*Information*:
+--
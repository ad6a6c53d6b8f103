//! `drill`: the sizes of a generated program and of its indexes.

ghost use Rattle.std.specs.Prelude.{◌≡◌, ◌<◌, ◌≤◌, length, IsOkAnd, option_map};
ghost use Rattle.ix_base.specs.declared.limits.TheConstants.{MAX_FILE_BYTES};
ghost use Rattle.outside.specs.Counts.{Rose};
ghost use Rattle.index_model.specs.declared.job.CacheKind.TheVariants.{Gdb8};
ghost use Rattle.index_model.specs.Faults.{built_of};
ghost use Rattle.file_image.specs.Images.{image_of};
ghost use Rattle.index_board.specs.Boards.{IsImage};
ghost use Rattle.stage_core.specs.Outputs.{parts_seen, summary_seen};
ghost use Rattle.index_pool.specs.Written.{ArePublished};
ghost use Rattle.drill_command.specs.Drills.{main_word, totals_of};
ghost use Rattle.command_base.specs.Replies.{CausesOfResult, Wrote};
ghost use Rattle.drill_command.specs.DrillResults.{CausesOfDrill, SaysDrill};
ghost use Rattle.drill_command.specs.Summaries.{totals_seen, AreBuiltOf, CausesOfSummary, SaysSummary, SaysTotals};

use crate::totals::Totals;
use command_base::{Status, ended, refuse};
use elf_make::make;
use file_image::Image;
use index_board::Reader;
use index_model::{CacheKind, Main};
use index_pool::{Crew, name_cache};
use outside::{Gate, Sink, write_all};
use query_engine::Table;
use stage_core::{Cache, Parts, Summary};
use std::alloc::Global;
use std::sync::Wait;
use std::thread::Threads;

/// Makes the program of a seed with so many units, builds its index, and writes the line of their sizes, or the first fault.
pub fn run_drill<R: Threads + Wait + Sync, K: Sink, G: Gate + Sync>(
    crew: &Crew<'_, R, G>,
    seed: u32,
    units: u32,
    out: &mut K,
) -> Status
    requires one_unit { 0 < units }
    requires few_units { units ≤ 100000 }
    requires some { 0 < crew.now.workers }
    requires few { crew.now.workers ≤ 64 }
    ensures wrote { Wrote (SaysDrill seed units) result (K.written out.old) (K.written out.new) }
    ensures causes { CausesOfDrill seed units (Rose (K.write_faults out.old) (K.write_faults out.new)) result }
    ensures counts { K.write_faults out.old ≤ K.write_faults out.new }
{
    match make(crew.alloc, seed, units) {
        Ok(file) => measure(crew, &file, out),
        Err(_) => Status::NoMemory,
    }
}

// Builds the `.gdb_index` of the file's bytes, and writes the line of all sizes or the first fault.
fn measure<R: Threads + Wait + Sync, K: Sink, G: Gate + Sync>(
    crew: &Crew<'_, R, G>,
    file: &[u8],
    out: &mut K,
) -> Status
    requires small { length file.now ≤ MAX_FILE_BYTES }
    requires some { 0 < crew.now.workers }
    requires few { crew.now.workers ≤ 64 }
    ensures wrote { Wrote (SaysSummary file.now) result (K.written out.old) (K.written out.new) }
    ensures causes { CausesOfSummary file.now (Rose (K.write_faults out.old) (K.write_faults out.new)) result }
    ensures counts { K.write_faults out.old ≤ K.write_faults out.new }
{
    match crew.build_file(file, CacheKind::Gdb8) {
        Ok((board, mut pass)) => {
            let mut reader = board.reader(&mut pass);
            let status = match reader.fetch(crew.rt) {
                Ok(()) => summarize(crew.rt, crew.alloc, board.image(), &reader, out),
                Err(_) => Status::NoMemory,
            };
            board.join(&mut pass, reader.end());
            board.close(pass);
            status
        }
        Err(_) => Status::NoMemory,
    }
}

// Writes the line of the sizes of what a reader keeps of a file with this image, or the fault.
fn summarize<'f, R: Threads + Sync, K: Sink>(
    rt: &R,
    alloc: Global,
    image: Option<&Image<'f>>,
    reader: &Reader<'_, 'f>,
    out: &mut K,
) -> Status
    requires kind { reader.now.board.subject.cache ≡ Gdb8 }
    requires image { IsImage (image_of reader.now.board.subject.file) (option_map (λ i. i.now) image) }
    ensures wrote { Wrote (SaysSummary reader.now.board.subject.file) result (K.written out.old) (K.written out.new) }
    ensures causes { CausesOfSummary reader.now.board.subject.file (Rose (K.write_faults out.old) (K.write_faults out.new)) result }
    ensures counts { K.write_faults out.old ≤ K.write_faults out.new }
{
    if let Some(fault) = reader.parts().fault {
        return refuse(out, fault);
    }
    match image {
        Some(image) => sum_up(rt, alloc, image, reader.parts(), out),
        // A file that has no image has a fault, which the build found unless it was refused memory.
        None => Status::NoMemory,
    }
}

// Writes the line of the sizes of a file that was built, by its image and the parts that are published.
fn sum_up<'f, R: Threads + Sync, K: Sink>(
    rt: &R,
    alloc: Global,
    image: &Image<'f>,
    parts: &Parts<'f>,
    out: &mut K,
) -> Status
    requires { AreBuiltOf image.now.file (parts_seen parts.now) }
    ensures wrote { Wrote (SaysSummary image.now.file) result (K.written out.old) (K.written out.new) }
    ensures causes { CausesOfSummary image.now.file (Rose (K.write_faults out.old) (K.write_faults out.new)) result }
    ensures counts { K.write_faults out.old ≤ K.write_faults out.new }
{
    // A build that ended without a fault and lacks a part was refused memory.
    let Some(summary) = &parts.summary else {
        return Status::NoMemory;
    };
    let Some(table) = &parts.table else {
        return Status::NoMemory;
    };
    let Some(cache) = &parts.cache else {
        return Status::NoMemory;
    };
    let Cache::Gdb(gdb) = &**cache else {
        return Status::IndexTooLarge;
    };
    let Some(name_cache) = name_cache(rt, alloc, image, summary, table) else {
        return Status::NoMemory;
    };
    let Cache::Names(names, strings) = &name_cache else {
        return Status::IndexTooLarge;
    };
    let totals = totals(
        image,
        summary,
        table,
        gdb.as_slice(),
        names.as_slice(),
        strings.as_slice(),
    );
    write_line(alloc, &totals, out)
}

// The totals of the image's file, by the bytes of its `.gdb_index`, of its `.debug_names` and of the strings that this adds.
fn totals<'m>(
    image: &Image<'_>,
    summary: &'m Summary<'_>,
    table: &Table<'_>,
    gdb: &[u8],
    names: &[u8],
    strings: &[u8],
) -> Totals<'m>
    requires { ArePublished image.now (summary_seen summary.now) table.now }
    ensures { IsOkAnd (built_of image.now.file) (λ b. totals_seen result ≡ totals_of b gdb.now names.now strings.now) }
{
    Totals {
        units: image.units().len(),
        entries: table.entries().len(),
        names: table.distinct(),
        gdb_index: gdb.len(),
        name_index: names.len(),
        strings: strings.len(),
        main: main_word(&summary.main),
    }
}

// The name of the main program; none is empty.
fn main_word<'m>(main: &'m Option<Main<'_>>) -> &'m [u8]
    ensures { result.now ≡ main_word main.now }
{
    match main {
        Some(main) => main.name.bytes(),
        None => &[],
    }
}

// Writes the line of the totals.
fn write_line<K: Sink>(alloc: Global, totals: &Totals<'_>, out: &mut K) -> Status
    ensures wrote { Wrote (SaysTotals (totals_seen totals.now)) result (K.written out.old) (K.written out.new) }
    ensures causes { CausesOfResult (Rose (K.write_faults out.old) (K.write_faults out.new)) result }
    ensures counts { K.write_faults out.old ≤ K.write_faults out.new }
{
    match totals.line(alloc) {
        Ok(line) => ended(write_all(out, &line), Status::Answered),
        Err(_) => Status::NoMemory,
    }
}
+--
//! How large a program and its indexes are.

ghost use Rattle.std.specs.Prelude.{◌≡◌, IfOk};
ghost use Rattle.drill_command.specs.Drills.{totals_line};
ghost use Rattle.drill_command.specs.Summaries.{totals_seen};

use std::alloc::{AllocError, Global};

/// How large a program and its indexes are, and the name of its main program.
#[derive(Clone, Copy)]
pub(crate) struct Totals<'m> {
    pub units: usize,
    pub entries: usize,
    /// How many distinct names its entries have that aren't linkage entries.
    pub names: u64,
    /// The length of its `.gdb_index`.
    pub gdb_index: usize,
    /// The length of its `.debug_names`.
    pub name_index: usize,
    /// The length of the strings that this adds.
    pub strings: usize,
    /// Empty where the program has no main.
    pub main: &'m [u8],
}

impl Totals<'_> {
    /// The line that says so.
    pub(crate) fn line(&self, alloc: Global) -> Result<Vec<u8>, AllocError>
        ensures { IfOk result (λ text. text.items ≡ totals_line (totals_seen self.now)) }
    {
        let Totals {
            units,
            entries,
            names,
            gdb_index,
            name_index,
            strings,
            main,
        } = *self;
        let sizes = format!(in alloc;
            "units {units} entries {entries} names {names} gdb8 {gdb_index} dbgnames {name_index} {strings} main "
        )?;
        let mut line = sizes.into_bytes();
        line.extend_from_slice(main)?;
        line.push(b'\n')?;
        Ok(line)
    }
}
+--
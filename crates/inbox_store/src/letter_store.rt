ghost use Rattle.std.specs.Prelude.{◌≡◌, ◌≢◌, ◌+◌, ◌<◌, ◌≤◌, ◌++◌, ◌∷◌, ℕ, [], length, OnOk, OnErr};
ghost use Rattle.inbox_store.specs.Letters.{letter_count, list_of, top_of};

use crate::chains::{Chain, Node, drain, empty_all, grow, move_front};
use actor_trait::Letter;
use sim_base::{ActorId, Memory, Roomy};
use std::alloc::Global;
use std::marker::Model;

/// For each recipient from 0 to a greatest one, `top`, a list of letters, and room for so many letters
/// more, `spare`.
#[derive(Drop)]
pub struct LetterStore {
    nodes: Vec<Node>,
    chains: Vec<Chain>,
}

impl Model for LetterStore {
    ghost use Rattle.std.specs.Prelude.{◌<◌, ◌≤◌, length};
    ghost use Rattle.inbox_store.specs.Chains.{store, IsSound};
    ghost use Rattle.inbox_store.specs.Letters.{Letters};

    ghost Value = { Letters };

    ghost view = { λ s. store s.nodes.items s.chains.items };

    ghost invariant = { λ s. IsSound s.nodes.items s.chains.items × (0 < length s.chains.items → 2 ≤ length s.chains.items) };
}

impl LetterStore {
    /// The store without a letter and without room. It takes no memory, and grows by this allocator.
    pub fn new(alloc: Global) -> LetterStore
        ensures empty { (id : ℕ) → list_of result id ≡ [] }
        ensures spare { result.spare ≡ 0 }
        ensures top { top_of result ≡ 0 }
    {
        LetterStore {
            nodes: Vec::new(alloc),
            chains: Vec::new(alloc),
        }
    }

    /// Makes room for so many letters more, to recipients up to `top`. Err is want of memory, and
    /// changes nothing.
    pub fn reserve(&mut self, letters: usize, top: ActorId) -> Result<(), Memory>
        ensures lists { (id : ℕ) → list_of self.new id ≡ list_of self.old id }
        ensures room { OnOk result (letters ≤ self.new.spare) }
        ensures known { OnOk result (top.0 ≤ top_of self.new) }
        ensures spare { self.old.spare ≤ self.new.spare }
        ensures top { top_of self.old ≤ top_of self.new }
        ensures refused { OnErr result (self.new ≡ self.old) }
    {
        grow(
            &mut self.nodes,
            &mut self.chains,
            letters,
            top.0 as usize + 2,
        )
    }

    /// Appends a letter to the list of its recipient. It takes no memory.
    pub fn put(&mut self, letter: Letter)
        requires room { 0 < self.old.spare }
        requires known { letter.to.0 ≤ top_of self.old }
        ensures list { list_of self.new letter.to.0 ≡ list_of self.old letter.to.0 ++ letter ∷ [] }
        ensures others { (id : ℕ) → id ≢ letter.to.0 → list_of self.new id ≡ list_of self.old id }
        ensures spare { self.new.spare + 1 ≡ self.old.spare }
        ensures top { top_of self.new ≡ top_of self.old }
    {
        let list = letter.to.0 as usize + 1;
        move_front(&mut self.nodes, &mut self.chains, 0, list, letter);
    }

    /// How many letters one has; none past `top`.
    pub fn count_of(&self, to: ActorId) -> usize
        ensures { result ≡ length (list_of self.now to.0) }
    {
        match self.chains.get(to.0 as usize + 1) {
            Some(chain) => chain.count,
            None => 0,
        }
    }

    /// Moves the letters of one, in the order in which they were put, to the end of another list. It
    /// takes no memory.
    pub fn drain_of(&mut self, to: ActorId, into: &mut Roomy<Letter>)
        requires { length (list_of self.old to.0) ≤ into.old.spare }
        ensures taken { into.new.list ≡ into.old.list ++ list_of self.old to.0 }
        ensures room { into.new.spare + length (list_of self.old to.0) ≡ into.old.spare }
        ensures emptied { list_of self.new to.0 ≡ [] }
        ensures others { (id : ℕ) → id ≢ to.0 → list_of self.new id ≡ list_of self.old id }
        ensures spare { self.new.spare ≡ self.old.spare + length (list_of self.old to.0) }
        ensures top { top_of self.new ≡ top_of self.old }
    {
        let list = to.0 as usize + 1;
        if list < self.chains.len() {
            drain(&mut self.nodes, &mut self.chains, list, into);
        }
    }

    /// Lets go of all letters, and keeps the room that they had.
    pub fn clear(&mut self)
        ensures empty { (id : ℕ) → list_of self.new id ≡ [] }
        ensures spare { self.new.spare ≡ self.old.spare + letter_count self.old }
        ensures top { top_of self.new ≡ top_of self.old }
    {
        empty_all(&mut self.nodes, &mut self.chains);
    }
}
+--
*Work to complete*: Starting at the line above that holds "board.join(&mut pass, reader.end());" and ending at the line that holds "fn summarize<'f, R: Threads", transcribe each line exactly and include no other lines.

*Expected answer*:
            board.join(&mut pass, reader.end());
            board.close(pass);
            status
        }
        Err(_) => Status::NoMemory,
    }
}

// Writes the line of the sizes of what a reader keeps of a file with this image, or the fault.
fn summarize<'f, R: Threads + Sync, K: Sink>(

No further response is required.